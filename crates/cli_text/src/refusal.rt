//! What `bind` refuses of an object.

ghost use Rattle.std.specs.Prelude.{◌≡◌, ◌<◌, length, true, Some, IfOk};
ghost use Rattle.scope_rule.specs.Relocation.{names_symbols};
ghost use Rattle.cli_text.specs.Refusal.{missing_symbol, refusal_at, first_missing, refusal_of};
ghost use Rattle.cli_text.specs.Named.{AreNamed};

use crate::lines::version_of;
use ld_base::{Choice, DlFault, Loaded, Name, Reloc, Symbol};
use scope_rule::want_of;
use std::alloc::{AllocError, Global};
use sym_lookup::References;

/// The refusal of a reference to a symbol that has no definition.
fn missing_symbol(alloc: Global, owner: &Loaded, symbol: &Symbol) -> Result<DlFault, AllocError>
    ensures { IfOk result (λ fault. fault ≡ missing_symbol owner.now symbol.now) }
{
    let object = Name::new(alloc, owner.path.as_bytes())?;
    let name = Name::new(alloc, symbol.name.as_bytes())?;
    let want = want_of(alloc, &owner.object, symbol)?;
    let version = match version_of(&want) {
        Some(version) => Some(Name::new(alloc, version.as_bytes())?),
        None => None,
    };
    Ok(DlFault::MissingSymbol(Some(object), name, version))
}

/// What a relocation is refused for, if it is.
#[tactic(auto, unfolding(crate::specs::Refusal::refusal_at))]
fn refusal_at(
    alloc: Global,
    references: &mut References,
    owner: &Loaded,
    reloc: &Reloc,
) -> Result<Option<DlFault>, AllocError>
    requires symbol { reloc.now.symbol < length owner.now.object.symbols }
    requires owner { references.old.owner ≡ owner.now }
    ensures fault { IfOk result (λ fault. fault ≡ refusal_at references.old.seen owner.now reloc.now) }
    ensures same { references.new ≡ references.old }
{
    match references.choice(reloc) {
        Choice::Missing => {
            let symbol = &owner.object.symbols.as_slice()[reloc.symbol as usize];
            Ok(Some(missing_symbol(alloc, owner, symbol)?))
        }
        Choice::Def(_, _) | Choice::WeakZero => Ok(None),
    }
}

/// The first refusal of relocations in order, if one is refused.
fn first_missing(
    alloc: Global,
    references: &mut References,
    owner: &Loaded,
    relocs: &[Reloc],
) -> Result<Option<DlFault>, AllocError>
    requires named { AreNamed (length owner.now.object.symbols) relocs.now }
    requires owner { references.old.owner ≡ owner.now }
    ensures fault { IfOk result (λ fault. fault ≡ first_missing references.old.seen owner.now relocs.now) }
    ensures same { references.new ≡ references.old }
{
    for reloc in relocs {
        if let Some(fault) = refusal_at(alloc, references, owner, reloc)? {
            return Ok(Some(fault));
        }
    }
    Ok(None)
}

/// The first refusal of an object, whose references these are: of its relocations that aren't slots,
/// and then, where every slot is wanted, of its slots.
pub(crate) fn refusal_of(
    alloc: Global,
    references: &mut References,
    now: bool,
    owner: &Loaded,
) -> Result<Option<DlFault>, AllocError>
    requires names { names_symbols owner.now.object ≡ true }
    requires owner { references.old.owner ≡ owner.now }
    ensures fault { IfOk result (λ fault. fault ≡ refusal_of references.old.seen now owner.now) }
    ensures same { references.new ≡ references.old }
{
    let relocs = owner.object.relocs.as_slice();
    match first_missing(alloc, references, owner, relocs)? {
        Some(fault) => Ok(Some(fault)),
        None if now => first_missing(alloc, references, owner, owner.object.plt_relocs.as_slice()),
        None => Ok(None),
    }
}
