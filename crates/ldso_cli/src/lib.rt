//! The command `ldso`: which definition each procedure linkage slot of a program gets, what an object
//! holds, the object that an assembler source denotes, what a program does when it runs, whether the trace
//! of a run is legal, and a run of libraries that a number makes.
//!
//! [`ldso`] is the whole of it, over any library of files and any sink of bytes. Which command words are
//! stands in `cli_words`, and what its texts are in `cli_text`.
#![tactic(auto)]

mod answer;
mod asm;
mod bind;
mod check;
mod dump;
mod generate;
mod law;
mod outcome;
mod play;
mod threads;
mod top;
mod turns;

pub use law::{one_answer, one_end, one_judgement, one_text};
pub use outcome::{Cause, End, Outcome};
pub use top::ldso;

- What this task involves: Write the lines again exactly, from the first line of the material above to the line that includes "has no definition.", both included. Leave out all the rest.

- Exercise answer:
filename crates/cli_text/src/refusal.rt
//! What `bind` refuses of an object.

ghost use Rattle.std.specs.Prelude.{◌≡◌, ◌<◌, length, true, Some, IfOk};
ghost use Rattle.scope_rule.specs.Relocation.{names_symbols};
ghost use Rattle.cli_text.specs.Refusal.{missing_symbol, refusal_at, first_missing, refusal_of};
ghost use Rattle.cli_text.specs.Named.{AreNamed};

use crate::lines::version_of;
use ld_base::{Choice, DlFault, Loaded, Name, Reloc, Symbol};
use scope_rule::want_of;
use std::alloc::{AllocError, Global};
use sym_lookup::References;

/// The refusal of a reference to a symbol that has no definition.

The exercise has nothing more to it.